→ REQUIRED WORK
The number of lines containing "bool" is the only answer wanted; work it out from the entries below.
= = = = = = =
//! A client with several requests in flight.
ghost use Rattle.std.specs.Prelude.{◌≡◌, ◌≢◌, ◌↔◌, IsTrue, ◌+◌, ◌*◌, ◌^◌, ◌<◌, ℕ, length, nat_le, fold, true, false, Ok, Err, IfOk, OnErr, IfSome, IsSome, vec_len, vec_capacity};
ghost use Rattle.std.specs.Io.KnownBytes.{IsAtEnd};
ghost use Rattle.chord_map.specs.Checked.{IsRequest};
ghost use Rattle.chord_wire.specs.Spelling.{IsWireRequest};
ghost use Rattle.chord_wire.specs.Streams.{request_frame};
ghost use Rattle.chord_serve.specs.BytesRead.{ReadsInTurns};
ghost use Rattle.chord_serve.specs.HasWindow.{HasWindow};
ghost use Rattle.chord_serve.specs.InFlight.{new_client, floor_under, floor_of, number_in, callers_spent, is_for, is_full, next_of, place_of, with_sent, SendIs, AgainIs, JudgedIs, ReceiveIs};

use crate::calls::{CallFault, await_answer};
use crate::write_bytes::write_bytes;
use chord_map::Request;
use chord_wire::{Answer, Answers, FaultCode, WireRequest, write_request, write_request_2};
use std::alloc::{AllocError, Global};
use std::io::{Read, Write};
use std::marker::Model;
use thiserror::Error;

pub mod sessions;

/// Why a request was not sent, or only in part.
#[derive(Clone, Copy, Debug, PartialEq, Eq, Error)]
pub enum SendFault {
    #[error("as many requests as the window holds are in flight")]
    WindowFull,
    #[error("all numbers are spent")]
    NumbersSpent,
    #[error("the request could not be written")]
    Write,
    #[error("out of memory")]
    Memory,
}

/// Why a request was not sent again, or only in part.
#[derive(Clone, Copy, Debug, PartialEq, Eq, Error)]
pub enum AgainFault {
    #[error("no request of this number got a fault and was not sent again since")]
    NotRefused,
    #[error("the request could not be written")]
    Write,
    #[error("out of memory")]
    Memory,
}

/// Why no answer was received.
#[derive(Clone, Copy, Debug, PartialEq, Eq, Error)]
pub enum ReceiveFault {
    #[error("no answer is awaited")]
    Idle,
    #[error("no answer came: {0}")]
    Call(CallFault),
    #[error("the answer has another number than the first request that awaits one")]
    WrongNumber,
    #[error("the answer is no reply to such a request")]
    WrongKind,
    #[error("the server has no caller for the connection, and did nothing")]
    CallersSpent,
}

/// Has up to its window of requests in flight. After a fault of reading or writing the connection
/// is of no more use; a session that an open began can be resumed over another one.
#[derive(Debug, Drop)]
pub struct WireClient {
    version: u8,
    window: u64,
    last: u64,
    awaited: Vec<WireRequest>,
    refused: Vec<WireRequest>,
    answers: Answers,
}

impl Model for WireClient {
    ghost use Rattle.chord_serve.specs.ClientState.{ClientState};
    ghost use Rattle.chord_serve.specs.HasWindow.{IsClient};

    ghost Value = { ClientState };

    ghost view = { λ c. record { version = c.version; window = c.window; last = c.last; awaited = c.awaited.items; refused = c.refused.items; bytes = c.answers } };

    ghost invariant = { λ c. IsClient (record { version = c.version; window = c.window; last = c.last; awaited = c.awaited.items; refused = c.refused.items; bytes = c.answers }) };
}

// The greatest number, at most `most`, that is below the number of each of these requests.
fn floor_under(most: u64, wires: &[WireRequest]) -> u64
    ensures { result ≡ floor_under most wires.now }
{
    wires.iter().fold(most, |floor, wire| floor.min(wire.number.saturating_sub(1)))
}

// The index of the request of this number.
fn place_of(number: u64, wires: &[WireRequest]) -> Option<usize>
    ensures place { result ≡ place_of number wires.now }
    ensures bound { IfSome result (λ place. place < length wires.now) }
{
    wires.iter().position(|wire| wire.number == number)
}

// The frame of a request of either version.
fn frame_of(alloc: Global, wire: &WireRequest) -> Result<Vec<u8>, AllocError>
    requires { IsWireRequest wire.now }
    ensures { IfOk result (λ out. out.items ≡ request_frame wire.now) }
{
    if wire.version == 1 {
        write_request(alloc, wire.number, &wire.request)
    } else {
        write_request_2(alloc, wire.number, wire.floor, &wire.request)
    }
}

// The number of an answer.
fn number_in(answer: &Answer) -> u64
    ensures { result ≡ number_in answer.now }
{
    match answer {
        Answer::Reply { number, .. } | Answer::Fault { number, .. } => *number,
    }
}

// Whether the server had no caller for the connection.
fn tells_callers_spent(answer: &Answer) -> bool
    ensures { IsTrue result ↔ (answer.now ≡ callers_spent) }
{
    match answer {
        Answer::Fault { number, code } => *number == 0 && *code == FaultCode::CallersSpent,
        Answer::Reply { .. } => false,
    }
}

// Whether the answer fits this request.
fn is_for(answer: &Answer, request: &Request) -> bool
    ensures { result ≡ is_for answer.now request.now }
{
    match answer {
        Answer::Reply { reply, .. } => reply.fits(request),
        Answer::Fault { .. } => true,
    }
}

// Judges an answer to the first request that waits: a fault moves it to the refused requests.
fn judge(
    awaited: &mut Vec<WireRequest>,
    refused: &mut Vec<WireRequest>,
    answer: Answer,
) -> Result<(u64, Answer), ReceiveFault>
    requires some { 0 < vec_len awaited.old }
    requires room { vec_len refused.old < vec_capacity refused.old }
    ensures { JudgedIs result answer awaited.old.items refused.old.items awaited.new.items refused.new.items }
{
    if tells_callers_spent(&answer) {
        return Err(ReceiveFault::CallersSpent);
    }
    let first = &awaited[0];
    if number_in(&answer) != first.number {
        return Err(ReceiveFault::WrongNumber);
    }
    if !is_for(&answer, &first.request) {
        return Err(ReceiveFault::WrongKind);
    }
    let wire = awaited.remove(0);
    let number = wire.number;
    if let Answer::Fault { .. } = &answer {
        refused.push_reserved(wire);
    }
    Ok((number, answer))
}

impl WireClient {
    /// A client of a new connection. The window is 1 in
    /// version 1 and 1 to 16 in version 2; else `None`.
    pub fn new(alloc: Global, version: u8, window: u64) -> Option<WireClient>
        ensures some { IfSome result (λ client. client ≡ new_client version window) }
        ensures which { IsSome result ↔ HasWindow version window }
    {
        let most = match version {
            1 => 1,
            2 => 16,
            _ => 0,
        };
        if window == 0 || most < window {
            return None;
        }
        Some(WireClient {
            version,
            window,
            last: 0,
            awaited: Vec::new(alloc),
            refused: Vec::new(alloc),
            answers: Answers::new(alloc),
        })
    }

    /// The number of the last request that was sent, also where its frame was written in part; 0
    /// before the first.
    pub fn last(&self) -> u64
        ensures { result ≡ self.now.last }
    {
        self.last
    }

    /// The number of requests that wait for answers.
    pub fn in_flight(&self) -> usize
        ensures { result ≡ length self.now.awaited }
    {
        self.awaited.len()
    }

    /// The greatest number with no open request at or below it.
    pub fn floor(&self) -> u64
        ensures { result ≡ floor_of self.now }
    {
        floor_under(floor_under(self.last, &self.awaited), &self.refused)
    }

    /// Whether a new request has to wait for a reply.
    pub fn is_full(&self) -> bool
        ensures { result ≡ is_full self.now }
    {
        self.window <= self.last.saturating_sub(self.floor())
    }

    // The next request.
    fn next(&self, request: Request) -> WireRequest
        requires limits { IsRequest request }
        requires room { is_full self.now ≡ false }
        requires number { self.now.last + 1 < 2 ^ 64 }
        ensures next { result ≡ next_of self.now request }
        ensures frame { IsWireRequest result }
    {
        WireRequest {
            version: self.version,
            number: self.last + 1,
            floor: self.floor(),
            request,
        }
    }

    /// Sends a request under the next number, and gives the number.
    pub fn send<W: Write>(&mut self, writer: &mut W, request: Request) -> Result<u64, SendFault>
        requires { IsRequest request }
        ensures { SendIs result request self.old (W.contents writer.old) (W.contents writer.new) self.new }
    {
        if self.is_full() {
            return Err(SendFault::WindowFull);
        }
        if self.last == u64::MAX {
            return Err(SendFault::NumbersSpent);
        }
        let Ok(frame) = self.enter(request) else {
            return Err(SendFault::Memory);
        };
        match write_bytes(writer, &frame) {
            Ok(()) => Ok(self.last),
            Err(_) => Err(SendFault::Write),
        }
    }

    // Counts the next request as sent, and gives its frame.
    fn enter(&mut self, request: Request) -> Result<Vec<u8>, AllocError>
        requires limits { IsRequest request }
        requires room { is_full self.old ≡ false }
        requires number { self.old.last + 1 < 2 ^ 64 }
        ensures frame { IfOk result (λ frame. frame.items ≡ request_frame (next_of self.old request)) }
        ensures sent { IfOk result (λ frame. self.new ≡ with_sent self.old request) }
        ensures kept { OnErr result (self.new ≡ self.old) }
    {
        let wire = self.next(request);
        let frame = frame_of(*self.awaited.allocator(), &wire)?;
        self.awaited.reserve(1)?;
        self.last = wire.number;
        self.awaited.push_reserved(wire);
        Ok(frame)
    }

    /// Writes the frame of a request that got a fault again, unchanged.
    pub fn again<W: Write>(&mut self, writer: &mut W, number: u64) -> Result<(), AgainFault>
        ensures { AgainIs result number self.old (W.contents writer.old) (W.contents writer.new) self.new }
    {
        let Some(place) = place_of(number, &self.refused) else {
            return Err(AgainFault::NotRefused);
        };
        let Ok(frame) = frame_of(*self.refused.allocator(), &self.refused[place]) else {
            return Err(AgainFault::Memory);
        };
        if self.awaited.reserve(1).is_err() {
            return Err(AgainFault::Memory);
        }
        let wire = self.refused.remove(place);
        self.awaited.push_reserved(wire);
        match write_bytes(writer, &frame) {
            Ok(()) => Ok(()),
            Err(_) => Err(AgainFault::Write),
        }
    }

    /// The answer to the first request that waits, and its number. It makes at most `turns` reads;
    /// the contract says how many bytes these may take, and tests count the reads.
    pub fn receive<R: Read>(
        &mut self,
        reader: &mut R,
        turns: u64,
    ) -> Result<(u64, Answer), ReceiveFault>
        ensures received { ReceiveIs result self.old (R.remaining reader.old) (R.remaining reader.new) self.new }
        ensures end { result ≡ Err (ReceiveFault.Call CallFault.Ended) → IsAtEnd (R.remaining reader.new) }
        ensures turns { ReadsInTurns (result ≡ Err (ReceiveFault.Call CallFault.TurnsSpent)) 4096 turns (R.remaining reader.old) (R.remaining reader.new) }
    {
        if self.awaited.is_empty() {
            return Err(ReceiveFault::Idle);
        }
        if self.refused.reserve(1).is_err() {
            return Err(ReceiveFault::Call(CallFault::Memory));
        }
        match await_answer(reader, &mut self.answers, turns) {
            Ok(answer) => judge(&mut self.awaited, &mut self.refused, answer),
            Err(fault) => Err(ReceiveFault::Call(fault)),
        }
    }
}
= = = = = = =
→ WRITTEN RESPONSE
3